# Need help identifying 1952 schwinn model?



## Kevin Mac (Jun 23, 2019)

Hello, 

I recently picked this bike up off Facebook. The guy said it was a 1954 B6, upon closer inspection the serial D31637 reveals it is a 1952, but doesn’t say which model. Is this a B6/autocycle or phantom? Because it seems to have similar paint designs and the same springer fork. I know the frame, fork and supposedly the bars are original. Not sure what else. My intentions are to get some S2 wheels which would be correct for this bike? And a original tank in crusty condition to match its looks if I can find one. Correct pedals would be nice too. Also want to remove the headlight and rear fender because not original? 
Bike does ride nice though.

Thanks, Kev


----------



## GTs58 (Jun 23, 2019)

D serial on the bottom bracket is 40's.


----------



## island schwinn (Jun 23, 2019)

Looks like a tapered kickstand?


----------



## Kevin Mac (Jun 23, 2019)

island schwinn said:


> Looks like a tapered kickstand?



Here’s a better photo of the kickstand


----------



## GTs58 (Jun 23, 2019)

1947-48 and could have been a B5 or B6. Tell tail signs of having a tank so most likely a B6. Could have been equipped with the brand new S-2's depending on the actual build time but I would guess it came with drop centers.


----------



## Kevin Mac (Jun 23, 2019)

GTs58 said:


> 1947-48 and could have been a B5 or B6. Tell tail signs of having a tank so most likely a B6. Could have been equipped with the brand new S-2's depending on the actual build time but I would guess it came with drop centers.

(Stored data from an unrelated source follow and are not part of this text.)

//! Texts in which `|` stands for the byte 01, what is cut and read of them, and what is written.

mod frames;
mod orders;
mod texts;
mod written;
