//! Worked days of limit orders: requests, and all reports that come of them.
ghost use Rattle.std.specs.Prelude.{◌+◌, IfOk, OnOk};
ghost use Rattle.book.specs.Standing.{Below};

use crate::tests::asking::{
    Ask, Kind, Told, abc, abc_book, are_told, ask, command_of, room_for_told, told,
};
use Kind::{Cancel, Day, FillOrKill, ImmediateOrCancel, Replace};
use Side::{Buy, Sell};
use book::Book;
use std::alloc::Global;
use std::test::Fail;
use venue_model::{MOST_RESTING, Output, Side, Symbol};

/// A day's requests, and what is told of them.
#[derive(Clone, Copy)]
pub struct Row {
    pub asks: &'static [Ask],
    pub reports: &'static [Told],
}

const FIRST_TRADE: Row = Row {
    asks: &[(1, Day, Buy, 100, 50, 1), (2, Day, Sell, 30, 50, 1)],
    reports: &[
        (
            1,
            b"37=1|17=1|150=0|39=0|11=1|55=ABC|54=1|38=100|44=50|151=100|14=0|6=0|",
        ),
        (
            2,
            b"37=2|17=2|150=0|39=0|11=1|55=ABC|54=2|38=30|44=50|151=30|14=0|6=0|",
        ),
        (
            1,
            b"37=1|17=3|150=F|39=1|11=1|55=ABC|54=1|38=100|44=50|32=30|31=50|151=70|14=30|6=50|",
        ),
        (
            2,
            b"37=2|17=4|150=F|39=2|11=1|55=ABC|54=2|38=30|44=50|32=30|31=50|151=0|14=30|6=50|",
        ),
    ],
};

const TIME_PRIORITY: Row = Row {
    asks: &[
        (1, Day, Buy, 10, 50, 1),
        (2, Day, Buy, 10, 50, 1),
        (3, Day, Sell, 15, 50, 1),
    ],
    reports: &[
        (
            1,
            b"37=1|17=1|150=0|39=0|11=1|55=ABC|54=1|38=10|44=50|151=10|14=0|6=0|",
        ),
        (
            2,
            b"37=2|17=2|150=0|39=0|11=1|55=ABC|54=1|38=10|44=50|151=10|14=0|6=0|",
        ),
        (
            3,
            b"37=3|17=3|150=0|39=0|11=1|55=ABC|54=2|38=15|44=50|151=15|14=0|6=0|",
        ),
        (
            1,
            b"37=1|17=4|150=F|39=2|11=1|55=ABC|54=1|38=10|44=50|32=10|31=50|151=0|14=10|6=50|",
        ),
        (
            3,
            b"37=3|17=5|150=F|39=1|11=1|55=ABC|54=2|38=15|44=50|32=10|31=50|151=5|14=10|6=50|",
        ),
        (
            2,
            b"37=2|17=6|150=F|39=1|11=1|55=ABC|54=1|38=10|44=50|32=5|31=50|151=5|14=5|6=50|",
        ),
        (
            3,
            b"37=3|17=7|150=F|39=2|11=1|55=ABC|54=2|38=15|44=50|32=5|31=50|151=0|14=15|6=50|",
        ),
    ],
};

/// 25 at 50 and 15 at 51 are 2,015 for 40, so 50 each.
const SWEEP_TWO_LEVELS: Row = Row {
    asks: &[
        (1, Day, Sell, 25, 50, 1),
        (1, Day, Sell, 15, 51, 2),
        (2, ImmediateOrCancel, Buy, 100, 51, 1),
    ],
    reports: &[
        (
            1,
            b"37=1|17=1|150=0|39=0|11=1|55=ABC|54=2|38=25|44=50|151=25|14=0|6=0|",
        ),
        (
            1,
            b"37=2|17=2|150=0|39=0|11=2|55=ABC|54=2|38=15|44=51|151=15|14=0|6=0|",
        ),
        (
            2,
            b"37=3|17=3|150=0|39=0|11=1|55=ABC|54=1|38=100|44=51|151=100|14=0|6=0|",
        ),
        (
            1,
            b"37=1|17=4|150=F|39=2|11=1|55=ABC|54=2|38=25|44=50|32=25|31=50|151=0|14=25|6=50|",
        ),
        (
            2,
            b"37=3|17=5|150=F|39=1|11=1|55=ABC|54=1|38=100|44=51|32=25|31=50|151=75|14=25|6=50|",
        ),
        (
            1,
            b"37=2|17=6|150=F|39=2|11=2|55=ABC|54=2|38=15|44=51|32=15|31=51|151=0|14=15|6=51|",
        ),
        (
            2,
            b"37=3|17=7|150=F|39=1|11=1|55=ABC|54=1|38=100|44=51|32=15|31=51|151=60|14=40|6=50|",
        ),
        (
            2,
            b"37=3|17=8|150=4|39=4|11=1|55=ABC|54=1|38=100|44=51|151=0|14=40|6=50|",
        ),
    ],
};

const FILL_OR_KILL: Row = Row {
    asks: &[
        (1, Day, Sell, 99, 50, 1),
        (2, FillOrKill, Buy, 100, 50, 1),
        (1, Day, Sell, 1, 50, 2),
        (2, FillOrKill, Buy, 100, 50, 2),
    ],
    reports: &[
        (
            1,
            b"37=1|17=1|150=0|39=0|11=1|55=ABC|54=2|38=99|44=50|151=99|14=0|6=0|",
        ),
        (
            2,
            b"37=2|17=2|150=0|39=0|11=1|55=ABC|54=1|38=100|44=50|151=100|14=0|6=0|",
        ),
        (
            2,
            b"37=2|17=3|150=4|39=4|11=1|55=ABC|54=1|38=100|44=50|151=0|14=0|6=0|",
        ),
        (
            1,
            b"37=3|17=4|150=0|39=0|11=2|55=ABC|54=2|38=1|44=50|151=1|14=0|6=0|",
        ),
        (
            2,
            b"37=4|17=5|150=0|39=0|11=2|55=ABC|54=1|38=100|44=50|151=100|14=0|6=0|",
        ),
        (
            1,
            b"37=1|17=6|150=F|39=2|11=1|55=ABC|54=2|38=99|44=50|32=99|31=50|151=0|14=99|6=50|",
        ),
        (
            2,
            b"37=4|17=7|150=F|39=1|11=2|55=ABC|54=1|38=100|44=50|32=99|31=50|151=1|14=99|6=50|",
        ),
        (
            1,
            b"37=3|17=8|150=F|39=2|11=2|55=ABC|54=2|38=1|44=50|32=1|31=50|151=0|14=1|6=50|",
        ),
        (
            2,
            b"37=4|17=9|150=F|39=2|11=2|55=ABC|54=1|38=100|44=50|32=1|31=50|151=0|14=100|6=50|",
        ),
    ],
};

const REPLACE_KEEPS_PLACE: Row = Row {
    asks: &[
        (1, Day, Buy, 10, 50, 1),
        (2, Day, Buy, 10, 50, 1),
        (1, Replace(1), Buy, 8, 50, 2),
        (3, Day, Sell, 8, 50, 1),
    ],
    reports: &[
        (
            1,
            b"37=1|17=1|150=0|39=0|11=1|55=ABC|54=1|38=10|44=50|151=10|14=0|6=0|",
        ),
        (
            2,
            b"37=2|17=2|150=0|39=0|11=1|55=ABC|54=1|38=10|44=50|151=10|14=0|6=0|",
        ),
        (
            1,
            b"37=1|17=3|150=5|39=0|11=2|41=1|55=ABC|54=1|38=8|44=50|151=8|14=0|6=0|",
        ),
        (
            3,
            b"37=4|17=4|150=0|39=0|11=1|55=ABC|54=2|38=8|44=50|151=8|14=0|6=0|",
        ),
        (
            1,
            b"37=1|17=5|150=F|39=2|11=2|55=ABC|54=1|38=8|44=50|32=8|31=50|151=0|14=8|6=50|",
        ),
        (
            3,
            b"37=4|17=6|150=F|39=2|11=1|55=ABC|54=2|38=8|44=50|32=8|31=50|151=0|14=8|6=50|",
        ),
    ],
};

const REPLACE_LOSES_PLACE: Row = Row {
    asks: &[
        (1, Day, Buy, 10, 50, 1),
        (2, Day, Buy, 10, 50, 1),
        (1, Replace(1), Buy, 12, 50, 2),
        (3, Day, Sell, 8, 50, 1),
    ],
    reports: &[
        (
            1,
            b"37=1|17=1|150=0|39=0|11=1|55=ABC|54=1|38=10|44=50|151=10|14=0|6=0|",
        ),
        (
            2,
            b"37=2|17=2|150=0|39=0|11=1|55=ABC|54=1|38=10|44=50|151=10|14=0|6=0|",
        ),
        (
            1,
            b"37=1|17=3|150=5|39=0|11=2|41=1|55=ABC|54=1|38=12|44=50|151=12|14=0|6=0|",
        ),
        (
            3,
            b"37=4|17=4|150=0|39=0|11=1|55=ABC|54=2|38=8|44=50|151=8|14=0|6=0|",
        ),
        (
            2,
            b"37=2|17=5|150=F|39=1|11=1|55=ABC|54=1|38=10|44=50|32=8|31=50|151=2|14=8|6=50|",
        ),
        (
            3,
            b"37=4|17=6|150=F|39=2|11=1|55=ABC|54=2|38=8|44=50|32=8|31=50|151=0|14=8|6=50|",
        ),
    ],
};

const REPLACE_CROSSES: Row = Row {
    asks: &[
        (1, Day, Buy, 10, 50, 1),
        (2, Day, Sell, 4, 52, 1),
        (1, Replace(1), Buy, 10, 52, 2),
    ],
    reports: &[
        (
            1,
            b"37=1|17=1|150=0|39=0|11=1|55=ABC|54=1|38=10|44=50|151=10|14=0|6=0|",
        ),
        (
            2,
            b"37=2|17=2|150=0|39=0|11=1|55=ABC|54=2|38=4|44=52|151=4|14=0|6=0|",
        ),
        (
            1,
            b"37=1|17=3|150=5|39=0|11=2|41=1|55=ABC|54=1|38=10|44=52|151=10|14=0|6=0|",
        ),
        (
            2,
            b"37=2|17=4|150=F|39=2|11=1|55=ABC|54=2|38=4|44=52|32=4|31=52|151=0|14=4|6=52|",
        ),
        (
            1,
            b"37=1|17=5|150=F|39=1|11=2|55=ABC|54=1|38=10|44=52|32=4|31=52|151=6|14=4|6=52|",
        ),
    ],
};

/// Neither the replace nor the cancel of an order that was filled has an ExecID: the next report has 7.
const REPLACE_BELOW_FILLED: Row = Row {
    asks: &[
        (1, Day, Buy, 10, 50, 1),
        (2, Day, Sell, 4, 50, 1),
        (1, Replace(1), Buy, 4, 50, 2),
        (2, Cancel(1), Sell, 4, 50, 2),
        (3, Day, Buy, 1, 1, 1),
    ],
    reports: &[
        (
            1,
            b"37=1|17=1|150=0|39=0|11=1|55=ABC|54=1|38=10|44=50|151=10|14=0|6=0|",
        ),
        (
            2,
            b"37=2|17=2|150=0|39=0|11=1|55=ABC|54=2|38=4|44=50|151=4|14=0|6=0|",
        ),
        (
            1,
            b"37=1|17=3|150=F|39=1|11=1|55=ABC|54=1|38=10|44=50|32=4|31=50|151=6|14=4|6=50|",
        ),
        (
            2,
            b"37=2|17=4|150=F|39=2|11=1|55=ABC|54=2|38=4|44=50|32=4|31=50|151=0|14=4|6=50|",
        ),
        (1, b"37=1|11=2|41=1|39=1|434=2|102=2|"),
        (2, b"37=NONE|11=2|41=1|39=8|434=1|102=1|"),
        (
            3,
            b"37=5|17=7|150=0|39=0|11=1|55=ABC|54=1|38=1|44=1|151=1|14=0|6=0|",
        ),
    ],
};

const CLIENT_ORDER_IDS_RISE: Row = Row {
    asks: &[
        (1, Day, Buy, 10, 50, 5),
        (1, Day, Buy, 10, 50, 5),
        (1, Cancel(5), Buy, 10, 50, 4),
    ],
    reports: &[
        (
            1,
            b"37=1|17=1|150=0|39=0|11=5|55=ABC|54=1|38=10|44=50|151=10|14=0|6=0|",
        ),
        (
            1,
            b"37=2|17=2|150=8|39=8|11=5|55=ABC|54=1|38=10|44=50|151=0|14=0|6=0|103=6|",
        ),
        (1, b"37=1|11=4|41=5|39=0|434=1|102=6|"),
    ],
};

/// Of a full book: what is told of one more order, and of one that sells at once.
const BOOK_FULL: Row = Row {
    asks: &[
        (1, Day, Buy, 1, 1, 4097),
        (2, ImmediateOrCancel, Sell, 1, 1, 1),
    ],
    reports: &[
        (
            1,
            b"37=4097|17=4097|150=8|39=8|11=4097|55=ABC|54=1|38=1|44=1|151=0|14=0|6=0|103=0|58=book full|",
        ),
        (
            2,
            b"37=4098|17=4098|150=0|39=0|11=1|55=ABC|54=2|38=1|44=1|151=1|14=0|6=0|",
        ),
        (
            1,
            b"37=1|17=4099|150=F|39=2|11=1|55=ABC|54=1|38=1|44=1|32=1|31=1|151=0|14=1|6=1|",
        ),
        (
            2,
            b"37=4098|17=4100|150=F|39=2|11=1|55=ABC|54=2|38=1|44=1|32=1|31=1|151=0|14=1|6=1|",
        ),
    ],
};

/// Asks an empty book a row's requests, and compares all that it tells.
pub fn play(alloc: Global, row: &Row) -> Result<(), Fail> {
    let mut book = abc_book(alloc)?;
    let out = told(alloc, &mut book, row.asks)?;
    if are_told(&out, 0, row.reports) {
        Ok(())
    } else {
        Err(Fail::from("other reports"))
    }
}

#[test]
fn first_trade(rt: HostRuntime) -> Result<(), Fail> {
    play(rt.alloc(), &FIRST_TRADE)
}

#[test]
fn time_priority(rt: HostRuntime) -> Result<(), Fail> {
    play(rt.alloc(), &TIME_PRIORITY)
}

#[test]
fn sweep_two_levels(rt: HostRuntime) -> Result<(), Fail> {
    play(rt.alloc(), &SWEEP_TWO_LEVELS)
}

#[test]
fn fill_or_kill(rt: HostRuntime) -> Result<(), Fail> {
    play(rt.alloc(), &FILL_OR_KILL)
}

#[test]
fn replace_and_place_in_queue(rt: HostRuntime) -> Result<(), Fail> {
    play(rt.alloc(), &REPLACE_KEEPS_PLACE)?;
    play(rt.alloc(), &REPLACE_LOSES_PLACE)
}

#[test]
fn replace_crosses(rt: HostRuntime) -> Result<(), Fail> {
    play(rt.alloc(), &REPLACE_CROSSES)
}

#[test]
fn replace_below_filled(rt: HostRuntime) -> Result<(), Fail> {
    play(rt.alloc(), &REPLACE_BELOW_FILLED)
}

#[test]
fn client_order_ids_rise(rt: HostRuntime) -> Result<(), Fail> {
    play(rt.alloc(), &CLIENT_ORDER_IDS_RISE)
}

/// A book in which as many orders rest as can, each a buy of 1 at 1.
fn full_book(alloc: Global, out: &mut Vec<Output>) -> Result<Book, Fail>
    ensures { IfOk result (λ b. Below 4096 b.state.orders) }
{
    let symbol = abc()?;
    let mut book = abc_book(alloc)?;
    fill(&mut book, symbol, out)?;
    Ok(book)
}

/// Fills the empty book with buys of 1 at 1.
fn fill(book: &mut Book, symbol: Symbol, out: &mut Vec<Output>) -> Result<(), Fail>
    requires { Below 0 book.old.state.orders }
    ensures { OnOk result (Below 4096 book.new.state.orders) }
{
    for turn in 0..4_096_u64 {
        buy_one(book, symbol, turn, out)?;
    }
    Ok(())
}

/// Asks at this sequence for a buy of 1 at 1.
fn buy_one(
    book: &mut Book,
    symbol: Symbol,
    sequence: u64,
    out: &mut Vec<Output>,
) -> Result<(), Fail>
    requires { Below sequence book.old.state.orders }
    ensures { OnOk result (Below (sequence + 1) book.new.state.orders) }
{
    let buy = command_of(symbol, &(1, Day, Buy, 1, 1, sequence.wrapping_add(1)));
    ask(book, sequence, 1, &buy, out)
}

/// Asks the full book these requests. The first one reads no order, and the second one two at most.
fn reads_few(book: &mut Book, asks: &[Ask], out: &mut Vec<Output>) -> Result<bool, Fail>
    requires { Below 4096 book.old.state.orders }
{
    let symbol = abc()?;
    let [one_more, sale] = asks else {
        return Ok(false);
    };
    ask(book, 4_096, one_more.0, &command_of(symbol, one_more), out)?;
    let is_refused = book.reads() == 0 && are_told(out, 4_096, &BOOK_FULL.reports[..1]);
    ask(book, 4_097, sale.0, &command_of(symbol, sale), out)?;
    Ok(is_refused && book.reads() <= 2 && are_told(out, 4_097, &BOOK_FULL.reports[1..]))
}

#[test]
fn book_full(rt: HostRuntime) -> Result<(), Fail> {
    let mut out = room_for_told(rt.alloc())?;
    let mut book = full_book(rt.alloc(), &mut out)?;
    assert_eq!(rt; book.resting(), MOST_RESTING);
    assert!(rt; reads_few(&mut book, BOOK_FULL.asks, &mut out)?);
    assert_eq!(rt; book.resting(), MOST_RESTING - 1);
    Ok(())
}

Thanks for the information. Did the tanks stay the same through the years of the B6? Is it hard to find drop centers?


----------



## Freqman1 (Jun 23, 2019)

Post war tanks the same except Phantom were chrome. You would want a plain steel tank. Drop centers are easy--and cheaper than S2s most of the time. If you wanted to make it right you would also need a seat, fenders with fenderlight, pedals, rack, guard, and grips. By the time you did all this you could probably buy a decent B6. I'd just make this a cool rider. V/r Shawn


----------



## island schwinn (Jun 23, 2019)

Freqman1 said:


> Post war tanks the same except Phantom were chrome. You would want a plain steel tank. Drop centers are easy--and cheaper than S2s most of the time. If you wanted to make it right you would also need a seat, fenders with fenderlight, pedals, rack, guard, and grips. By the time you did all this you could probably buy a decent B6. I'd just make this a cool rider. V/r Shawn



What he said.


----------



## Rivnut (Jun 23, 2019)

If you look at catalogs for those years, you'll also notice that the chain ring is from a later bike.  My 52 has a skip tooth chain and the Phantom style chain ring.  PO could have swapped chain rings to use a single pitch chain with those fancy rims.


----------



## Kevin Mac (Jun 23, 2019)

Rivnut said:


> If you look at catalogs for those years, you'll also notice that the chain ring is from a later bike.  My 52 has a skip tooth chain and the Phantom style chain ring.  PO could have swapped chain rings to use a single pitch chain with those fancy rims.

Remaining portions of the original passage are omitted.